I just wrote this python code to solve this same problem for myself. My background was dirty white-ish, so the criteria that I used was darkness and color. I simplified this criteria by just taking the smallest of the R, B or B value for each pixel, so that black or saturated red both stood out the same. I also used the average of the however many darkest pixels for each row or column. Then I started at each edge and worked my way in till I crossed a threshold.
Here is my code:
#these values set how sensitive the bounding box detection is
threshold = 200 #the average of the darkest values must be _below_ this to count (0 is darkest, 255 is lightest)
obviousness = 50 #how many of the darkest pixels to include (1 would mean a single dark pixel triggers it)
from PIL import Image
def find_line(vals):
#implement edge detection once, use many times
for i,tmp in enumerate(vals):
tmp.sort()
average = float(sum(tmp[:obviousness]))/len(tmp[:obviousness])
if average <= threshold:
return i
return i #i is left over from failed threshold finding, it is the bounds
def getbox(img):
#get the bounding box of the interesting part of a PIL image object
#this is done by getting the darekest of the R, G or B value of each pixel
#and finding were the edge gest dark/colored enough
#returns a tuple of (left,upper,right,lower)
width, height = img.size #for making a 2d array
retval = [0,0,width,height] #values will be disposed of, but this is a black image's box
pixels = list(img.getdata())
vals = [] #store the value of the darkest color
for pixel in pixels:
vals.append(min(pixel)) #the darkest of the R,G or B values
#make 2d array
vals = np.array([vals[i * width:(i + 1) * width] for i in xrange(height)])
#start with upper bounds
forupper = vals.copy()
retval[1] = find_line(forupper)
#next, do lower bounds
forlower = vals.copy()
forlower = np.flipud(forlower)
retval[3] = height - find_line(forlower)
#left edge, same as before but roatate the data so left edge is top edge
forleft = vals.copy()
forleft = np.swapaxes(forleft,0,1)
retval[0] = find_line(forleft)
#and right edge is bottom edge of rotated array
forright = vals.copy()
forright = np.swapaxes(forright,0,1)
forright = np.flipud(forright)
retval[2] = width - find_line(forright)
if retval[0] >= retval[2] or retval[1] >= retval[3]:
print "error, bounding box is not legit"
return None
return tuple(retval)
if __name__ == '__main__':
image = Image.open('cat.jpg')
box = getbox(image)
print "result is: ",box
result = image.crop(box)
result.show()
For starters, Here is a similar question. Here is a related question. And a another related question.
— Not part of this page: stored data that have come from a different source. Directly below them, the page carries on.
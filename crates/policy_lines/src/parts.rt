//! Fluents, events, conditions, signals, heads and items, read from the front of the words.
ghost use Rattle.std.specs.Prelude.{◌≡◌, ◌∷◌, ◌≤◌, [], MatchOption, option_map, Some};
ghost use Rattle.std.specs.List.{before_first, after_first};
ghost use Rattle.gt_base.specs.Names.{number_from};
ghost use Rattle.gt_base.specs.declared.limits.TheConstants.{MAX_PRIO};
ghost use Rattle.policy_words.specs.Wording.{fluent_at, verb_in, event_verb, event_at, cond_at, signal_of, head_at, item_at, is_colon, delay_in};
ghost use Rattle.policy_lines.specs.Cursors.{as_signal, as_cond, as_settled, other_item_at};

use crate::units::next_name;
use crate::verbs::{cond_verb, event_verb};
use bstr::ByteSlice;
use gt_base::{LAST_MINUTE, Prio};
use gt_text::{Words, read_between};
use policy_words::{Item, NamedCond, NamedEvent, NamedFluent, NamedHead, NamedSignal, Sort};

/// The fluent whose names stand at the front.
fn fluent(sort: Sort, words: &mut Words<'_>) -> Option<NamedFluent>
    ensures { option_map (λ f. (f, words.new)) result ≡ fluent_at sort words.old }
{
    let first = next_name(words)?;
    match sort {
        Sort::Enabling => Some(NamedFluent::Enabled(first)),
        Sort::Arming => Some(NamedFluent::Limit(first)),
        Sort::Assigning => Some(NamedFluent::Assigned(first, next_name(words)?)),
        Sort::Granting => Some(NamedFluent::Granted(first, next_name(words)?)),
        Sort::Linking => Some(NamedFluent::Edge(first, next_name(words)?)),
    }
}

/// The event of a verb and the names after it.
fn event_of(verb: &[u8], words: &mut Words<'_>) -> Option<NamedEvent>
    ensures { option_map (λ e. (e, words.new)) result ≡ event_at (verb.now ∷ words.old) }
{
    let (on, sort) = event_verb(verb)?;
    let fluent = fluent(sort, words)?;
    Some(NamedEvent { on, fluent })
}

/// The condition of a verb and the names after it.
pub(crate) fn cond_of(verb: &[u8], words: &mut Words<'_>) -> Option<NamedCond>
    ensures { option_map (λ c. (c, words.new)) result ≡ cond_at (verb.now ∷ words.old) }
{
    let (on, sort) = cond_verb(verb)?;
    let fluent = fluent(sort, words)?;
    Some(NamedCond { on, fluent })
}

/// The event at the front.
pub fn next_event(words: &mut Words<'_>) -> Option<NamedEvent>
    ensures { option_map (λ e. (e, words.new)) result ≡ event_at words.old }
{
    let verb = words.next()?;
    event_of(verb, words)
}

/// The condition at the front.
pub fn next_cond(words: &mut Words<'_>) -> Option<NamedCond>
    ensures { option_map (λ c. (c, words.new)) result ≡ cond_at words.old }
{
    let verb = words.next()?;
    cond_of(verb, words)
}

/// The signal whose names stand at the front.
fn signal(start: bool, words: &mut Words<'_>) -> Option<NamedSignal>
    ensures { option_map (λ s. (s, words.new)) result ≡ signal_of start words.old }
{
    let user = next_name(words)?;
    let role = next_name(words)?;
    Some(NamedSignal { start, user, role })
}

/// A signal as an item, its verb read before; None where two names do not follow.
fn signal_item(start: bool, words: &mut Words<'_>) -> Option<Item>
    ensures { option_map (λ i. (i, words.new)) result ≡ as_signal (signal_of start words.old) }
{
    Some(Item::Signal(signal(start, words)?))
}

/// A condition as an item, its verb read before; None where that is none, or a name is missing.
fn cond_item(verb: &[u8], words: &mut Words<'_>) -> Option<Item>
    ensures { option_map (λ i. (i, words.new)) result ≡ as_cond (cond_at (verb.now ∷ words.old)) }
{
    Some(Item::Cond(cond_of(verb, words)?))
}

/// A settled condition as an item, `settled` read before; None where no condition follows.
fn settled_item(words: &mut Words<'_>) -> Option<Item>
    ensures { option_map (λ i. (i, words.new)) result ≡ as_settled (cond_at words.old) }
{
    Some(Item::Settled(next_cond(words)?))
}

/// The signal, the condition or the settled condition of a first word and the words after it.
fn other_item(verb: &[u8], words: &mut Words<'_>) -> Option<Item>
    ensures { option_map (λ i. (i, words.new)) result ≡ other_item_at (verb.now ∷ words.old) }
{
    if verb == b"activate".as_slice() {
        return signal_item(true, words);
    }
    if verb == b"deactivate".as_slice() {
        return signal_item(false, words);
    }
    if verb == b"settled".as_slice() {
        return settled_item(words);
    }
    cond_item(verb, words)
}

/// The event of a verb whose names stand at the front.
fn event_item(word: &[u8], verb: (bool, Sort), words: &mut Words<'_>) -> Option<Item>
    requires { verb_in event_verb word.now ≡ Some verb }
    ensures { option_map (λ i. (i, words.new)) result ≡ item_at (word.now ∷ words.old) }
{
    let (on, sort) = verb;
    let Some(fluent) = fluent(sort, words) else {
        return None;
    };
    Some(Item::Event(NamedEvent { on, fluent }))
}

/// The item at the front.
pub(crate) fn next_item(words: &mut Words<'_>) -> Option<Item>
    ensures { option_map (λ i. (i, words.new)) result ≡ item_at words.old }
{
    let word = words.next()?;
    match event_verb(word) {
        Some(verb) => event_item(word, verb, words),
        None => other_item(word, words),
    }
}

/// What stands before and after the first colon.
fn at_colon(word: &[u8]) -> Option<(&[u8], &[u8])>
    ensures { MatchOption result (after_first is_colon word.now ≡ [])
        (λ cut. (cut.0.now ≡ before_first is_colon word.now)
        × (cut.1.now ≡ after_first is_colon word.now)) }
{
    let colon = word.find_byte(b':')?;
    let (front, rest) = word.split_at(colon);
    let (_, back) = rest.split_at(1);
    Some((front, back))
}

/// The priority up to `most` that a word is.
pub(crate) fn read_prio(most: u8, word: &[u8]) -> Option<Prio>
    requires { most ≤ MAX_PRIO }
    ensures { result ≡ number_from 0 most word.now }
{
    let n = read_between(0, most as u32, word)?;
    Prio::new(n as u8)
}

/// The prioritised event at the front, with a priority up to `most`.
pub fn next_head(most: u8, words: &mut Words<'_>) -> Option<NamedHead>
    requires { most ≤ MAX_PRIO }
    ensures { option_map (λ h. (h, words.new)) result ≡ head_at most words.old }
{
    let word = words.next()?;
    let (prio, verb) = at_colon(word)?;
    let prio = read_prio(most, prio)?;
    let event = event_of(verb, words)?;
    Some(NamedHead { prio, event })
}

/// The delay at the end of a line, 0 where no words are left.
pub fn read_delay(mut words: Words<'_>) -> Option<u32>
    ensures { result ≡ delay_in words.entry }
{
    let Some(after) = words.next() else {
        return Some(0);
    };
    let delay = words.next()?;
    if words.next().is_some() || after != b"after".as_slice() {
        return None;
    }
    read_between(0, LAST_MINUTE, delay)
}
Here is just one idea, there are certainly other approaches. I would select an arbitrary crop edge and then measure the entropy* on either side of the line, then proceed to re-select the crop line (probably using something like a bisection method) until the entropy of the cropped-out portion falls below a defined threshold. As I think, you may need to resort to a brute root-finding method as you will not have a good indication of when you have cropped too little. Then repeat for the remaining 3 edges.
*I recall discovering that the entropy method in the referenced website was not completely accurate, but I could not find my notes (I'm sure it was in a SO post, however.)
Edit:
Other criteria for the "emptiness" of an image portion (other than entropy) might be contrast ratio or contrast ratio on an edge-detect result.